Why do we resist going into liminal space? It is because living in that space, even for the shorts period of time, requires letting go, surrender and even submission. We may not consider ourselves control freaks, but relinquishing control is difficult for everyone. Liminal space is like a death before we are made into a “new creation” as St. Paul says. Our ego resists liminal space because our ego does not know that there is a resurrection on the other side. So, while our ego and our instincts try to prevent us from entering liminal space, this space, nevertheless, has much to teach us. It is transformative and well as Biblical.

The story of Jonah and the whale is a classic story of liminal space. Jonah was called by God to go to Nineveh (enemy territory), but instead, he went in the opposite direction by boarding a ship to Tarshish. After being thrown overboard, God arranged for a mighty whale to swallow Jonah. He remained in the belly of the whale for three days before being spit up close to Nineveh. Being in the belly of a whale and being led to a place not of Jonah’s choosing…talk about losing control! (At the last Men’s Rite of Passage Retreat that four of us participated in, all the talks and rituals were done while the retreatants were inside an enclosure of 8-foot tall wooden “ribs”). Life itself has taken all of us into the belly of the whale.

Another classic story of liminal space come from the Book of Exodus. Under the leadership of Moses, God called the people away from the land of slavery in Egypt to the Promised Land. The 40 years of wandering in the desert was liminal space for the Hebrews. Many wanted to run back to Egypt while others kept asking Moses, “Are we there, yet?” Only Moses and a few others were convinced that this time in the desert was valuable time, a time when God was with them and transforming them.

Jesus himself enters liminal space many times in the gospels.  In fact, the gospels tell us that “Jesus was led by the Spirit out into the desert” (Matthew 4:1). God saw the necessity of liminal space in his own Son’s journey so much so that God’s own Spirit drives Jesus into the desert. Jesus did not consciously lead himself to the desert, he had to be led there, just like we have to be led. But once there, he did not go back nor leapfrog ahead even though his days were fraught with such temptations to do so. Jesus believed that the liminal space of the desert was the only place where his own true transformation could happen. Can we also believe that God is fully present during these pandemic days? Could it be that we have been led here just as Jesus was led into the desert? In liminal space you may not, necessarily, meet God, but you will meet the True Self, which is always a Divine encounter.

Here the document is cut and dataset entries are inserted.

//! The analysis of a stream: two passes by workers over pieces, and a merge between them.

ghost use Rattle.std.specs.Prelude.{◌≡◌, ◌≢◌, ◌+◌, ◌*◌, ◌≤◌, ◌<◌, ◌↔◌, true};
ghost use Rattle.std.specs.Prelude.{length, map, sum, IfOk, IsErr, IsErrOf, OnErr, OnOk, Err};
ghost use Rattle.hh_stream.specs.Weights.{max_total, total_of};
ghost use Rattle.hh_stream.specs.Cuttings.{max_pieces, pieces_of, whole_of};
ghost use Rattle.hh_stream.specs.Ranges.{in_range};
ghost use Rattle.hh_summaries.specs.Counters.{max_k, IsHonest, sketch_of};
ghost use Rattle.hh_summaries.specs.Report.{weights_at, heavy};
ghost use Rattle.hh_countmin.specs.Table.{FitsTable, table_of};
ghost use Rattle.hh_workers.specs.Workers.{max_workers};
ghost use Rattle.hh_workers.specs.Trees.{IsMergeTree, leaves};
ghost use Rattle.hh_pool.specs.Outcomes.{IsMerged};

use crate::first::FirstPass;
use crate::merging::merge_by;
use crate::options::Options;
use crate::outcome::{Outcome, RunError};
use crate::second::SecondPass;
use hh_counters::laws::{candidates_suffice, misra_gries_is_honest};
use hh_counters::{Candidates, Heavy, Summary, SummaryFault};
use hh_countmin::Table;
use hh_countmin::laws::{cells_are_cell_sums, tables_fit};
use hh_stream::laws::pieces_make_the_whole;
use hh_stream::{Cutting, PieceFault, Stream};
use hh_workers::{CutStream, Gate, Pieces, Plan, only_memory, share_work};
use std::alloc::{AllocError, Global};
use std::sync::Wait;
use std::thread::Threads;

/// The first pass: the summaries of the pieces, in order, and the table of all items, whose total
/// this is.
fn summarise<R: Threads + Wait + Sync, G: Gate + Sync>(
    rt: &R,
    alloc: Global,
    pieces: &CutStream<'_>,
    gate: &G,
    options: &Options,
    total: u64,
) -> Result<(Vec<Summary>, Table), PieceFault>
    requires some { 0 < length pieces.now }
    requires few { length pieces.now ≤ max_pieces }
    requires total { total ≡ total_of (whole_of pieces.now) }
    requires fits { total ≤ max_total }
    ensures summaries { IfOk result (λ r.
        r.0.items ≡ map (sketch_of options.now.k) pieces.now) }
    ensures table { let options = options.now in IfOk result (λ r.
        r.1 ≡ table_of options.family options.width (whole_of pieces.now)) }
    ensures refused { IsErrOf result PieceFault.Refused
        → max_total < total_of (whole_of pieces.now) }
{
    cells_are_cell_sums();
    tables_fit();
    let pass = FirstPass {
        alloc,
        pieces,
        gate,
        options,
    };
    let cells = (options.family().depth() * options.width()) as usize;
    match share_work(rt, alloc, &pass, cells, options.workers())? {
        Some((cells, found)) => {
            let summaries = pass.in_order(found)?;
            Ok((summaries, table_of_cells(options, total, cells)?))
        }
        None => pass.sequential(),
    }
}

/// The table with these cells and this total.
fn table_of_cells(options: &Options, total: u64, cells: Vec<u64>) -> Result<Table, AllocError>
    requires { FitsTable options.now.family options.now.width total cells.items }
    ensures { IfOk result (λ table. table ≡ record {
      family = options.now.family;
      width = options.now.width;
      total = total;
      cells = cells.items;
    }) }
{
    let family = options.family().copy()?;
    Ok(Table::from_cells(family, options.width(), total, cells))
}

/// The second pass: the weight of each candidate in all items.
fn weigh<R: Threads + Wait + Sync, G: Gate + Sync>(
    rt: &R,
    alloc: Global,
    pieces: &CutStream<'_>,
    gate: &G,
    candidates: &Candidates,
    workers: u64,
) -> Result<Vec<u64>, PieceFault>
    requires some { 0 < length pieces.now }
    requires few { length pieces.now ≤ max_pieces }
    requires workers { in_range workers max_workers ≡ true }
    requires few_keys { length candidates.now ≤ max_k }
    requires fits { total_of (whole_of pieces.now) ≤ max_total }
    ensures weights { IfOk result (λ weights.
        weights.items ≡ weights_at candidates.now (whole_of pieces.now)) }
    ensures refused { IsErrOf result PieceFault.Refused
        → max_total < total_of (whole_of pieces.now) }
{
    let pass = SecondPass {
        alloc,
        pieces,
        gate,
        candidates,
    };
    match share_work(rt, alloc, &pass, candidates.len(), workers)? {
        Some((weights, _)) => Ok(weights),
        None => {
            let (counted, _) = pass.sequential(workers)?;
            Ok(counted)
        }
    }
}

/// The summaries of the pieces, merged as the plan says, and the table of all items, whose total
/// this is.
fn merge_pieces<R: Threads + Wait + Sync, G: Gate + Sync>(
    rt: &R,
    alloc: Global,
    pieces: &CutStream<'_>,
    gate: &G,
    plan: &Plan,
    options: &Options,
    total: u64,
) -> Result<(Summary, Table), PieceFault>
    requires plan { IsMergeTree plan.now (length pieces.now) }
    requires some { 0 < length pieces.now }
    requires few { length pieces.now ≤ max_pieces }
    requires total { total ≡ total_of (whole_of pieces.now) }
    requires fits { total ≤ max_total }
    ensures summary { let lists = pieces.now in IfOk result (λ merged.
        IsMerged plan.now options.now.k lists (whole_of lists) merged.0) }
    ensures table { let options = options.now in IfOk result (λ merged.
        merged.1 ≡ table_of options.family options.width (whole_of pieces.now)) }
    ensures refused { IsErrOf result PieceFault.Refused
        → max_total < total_of (whole_of pieces.now) }
{
    misra_gries_is_honest();
    let (summaries, table) = summarise(rt, alloc, pieces, gate, options, total)?;
    match merge_by(alloc, plan, summaries) {
        Ok(summary) => Ok((summary, table)),
        Err(SummaryFault::Memory) => Err(PieceFault::Memory),
        // The summaries have one k, and totals that fit: nothing comes to these.
        Err(SummaryFault::DifferentK) => Err(PieceFault::Refused),
        Err(SummaryFault::TotalTooLarge) => Err(PieceFault::Refused),
        Err(SummaryFault::BadK) => Err(PieceFault::Refused),
    }
}

/// The keys above the options' threshold, by a second pass that counts those of the summary.
fn heavy_keys<R: Threads + Wait + Sync, G: Gate + Sync>(
    rt: &R,
    alloc: Global,
    pieces: &CutStream<'_>,
    gate: &G,
    summary: &Summary,
    options: &Options,
) -> Result<Vec<Heavy>, PieceFault>
    requires some { 0 < length pieces.now }
    requires few { length pieces.now ≤ max_pieces }
    requires total { summary.now.total ≡ total_of (whole_of pieces.now) }
    requires honest { let xs = whole_of pieces.now in
        IsHonest summary.now.counters (total_of xs) xs options.now.k }
    ensures heavy { let xs = whole_of pieces.now in
        IfOk result (λ rows. rows.items ≡ heavy xs options.now.p options.now.q) }
    ensures refused { IsErrOf result PieceFault.Refused
        → max_total < total_of (whole_of pieces.now) }
{
    candidates_suffice();
    let (p, q) = options.threshold();
    let total = summary.total();
    let candidates = Candidates::with_hasher(alloc, summary, options.hash())?;
    let weights = weigh(rt, alloc, pieces, gate, &candidates, options.workers())?;
    Ok(candidates.select(&weights, total, p, q)?)
}

/// The outcome, where the plan has as many pieces as there are, and this is the total of all items.
fn run_passes<R: Threads + Wait + Sync, G: Gate + Sync>(
    rt: &R,
    alloc: Global,
    pieces: &CutStream<'_>,
    gate: &G,
    plan: &Plan,
    options: &Options,
    total: u64,
) -> Result<Outcome, PieceFault>
    requires plan { IsMergeTree plan.now (length pieces.now) }
    requires some { 0 < length pieces.now }
    requires few { length pieces.now ≤ max_pieces }
    requires total { total ≡ total_of (whole_of pieces.now) }
    requires fits { total ≤ max_total }
    ensures summary { let lists = pieces.now in IfOk result (λ outcome.
        IsMerged plan.now options.now.k lists (whole_of lists) outcome.summary) }
    ensures table { let options = options.now in IfOk result (λ outcome.
        outcome.table ≡ table_of options.family options.width (whole_of pieces.now)) }
    ensures heavy { let xs = whole_of pieces.now in IfOk result (λ outcome.
        outcome.heavy.items ≡ heavy xs options.now.p options.now.q) }
    ensures refused { IsErrOf result PieceFault.Refused
        → max_total < total_of (whole_of pieces.now) }
{
    let (summary, table) = merge_pieces(rt, alloc, pieces, gate, plan, options, total)?;
    let heavy = heavy_keys(rt, alloc, pieces, gate, &summary, options)?;
    Ok(Outcome {
        summary,
        table,
        heavy,
    })
}

/// Whether the plan has as many pieces as there are.
fn check_counts(plan: &Plan, count: usize) -> Result<(), RunError>
    ensures same { OnOk result (length (leaves plan.now) ≡ count) }
    ensures plan { OnOk result (IsMergeTree plan.now count) }
    ensures some { OnOk result (0 < count) }
    ensures few { OnOk result (count ≤ max_pieces) }
    ensures mismatch { OnErr result (length (leaves plan.now) ≢ count) }
    ensures refused { IsErr result → result ≡ Err RunError.PlanMismatch }
{
    if plan.count() != count {
        return Err(RunError::PlanMismatch);
    }
    Ok(())
}

/// Analyses a stream, with workers that share nothing but atomic sums: they summarise the pieces
/// and fill the table, the summaries are merged as the plan says, and the workers count the merged
/// summary's keys. The outcome is the same for every number of workers and whatever worker does
/// which piece: the counters are those of the plan's merges, honest for the stream (Agarwal et al.,
/// PODS 2012), the table is the stream's, cell for cell (Cormode and Muthukrishnan 2005), and the
/// heavy keys are exactly those above the options' threshold, with their true weights.
///
/// It starts the workers, numbered from 0, in threads of their own, and waits for them.
pub fn analyse<R: Threads + Wait + Sync, G: Gate + Sync>(
    rt: &R,
    alloc: Global,
    stream: &Stream,
    cutting: &Cutting,
    plan: &Plan,
    options: &Options,
    gate: &G,
) -> Result<Outcome, RunError>
    requires { sum cutting.now ≡ length stream.now }
    ensures plan_mismatch { IsErrOf result RunError.PlanMismatch
        ↔ (length (leaves plan.now) ≢ length cutting.now) }
    ensures summary { let pieces = pieces_of cutting.now stream.now in IfOk result (λ outcome.
        IsMerged plan.now options.now.k pieces stream.now outcome.summary) }
    ensures table { IfOk result (λ outcome.
        outcome.table ≡ table_of options.now.family options.now.width stream.now) }
    ensures heavy { IfOk result (λ outcome.
        outcome.heavy.items ≡ heavy stream.now options.now.p options.now.q) }
{
    pieces_make_the_whole();
    let total = stream.total();
    let pieces = CutStream::new(stream, cutting);
    check_counts(plan, pieces.count())?;
    match only_memory(run_passes(rt, alloc, &pieces, gate, plan, options, total)) {
        Ok(outcome) => Ok(outcome),
        Err(_) => Err(RunError::Memory),
    }
}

It takes courage to remain in liminal space and faith to believe, that while there, we are being formed for the better. Fr. Richard Rohr says it well in his book, Things Hidden, “There is a necessary light that is only available through darkness, the darkness that comes in those liminal spaces of birth, death and suffering… There are certain truths that can be known only if we are sufficiently emptied, sufficiently ready, sufficiently confused or sufficiently destabilized.” COVID-19 has done its share of emptying, confusing and destabilizing much in our lives. I have to believe that somehow God’s Spirit is still in the middle of it all leading us ultimately to a deeper sense of ourselves and a truer sense of God.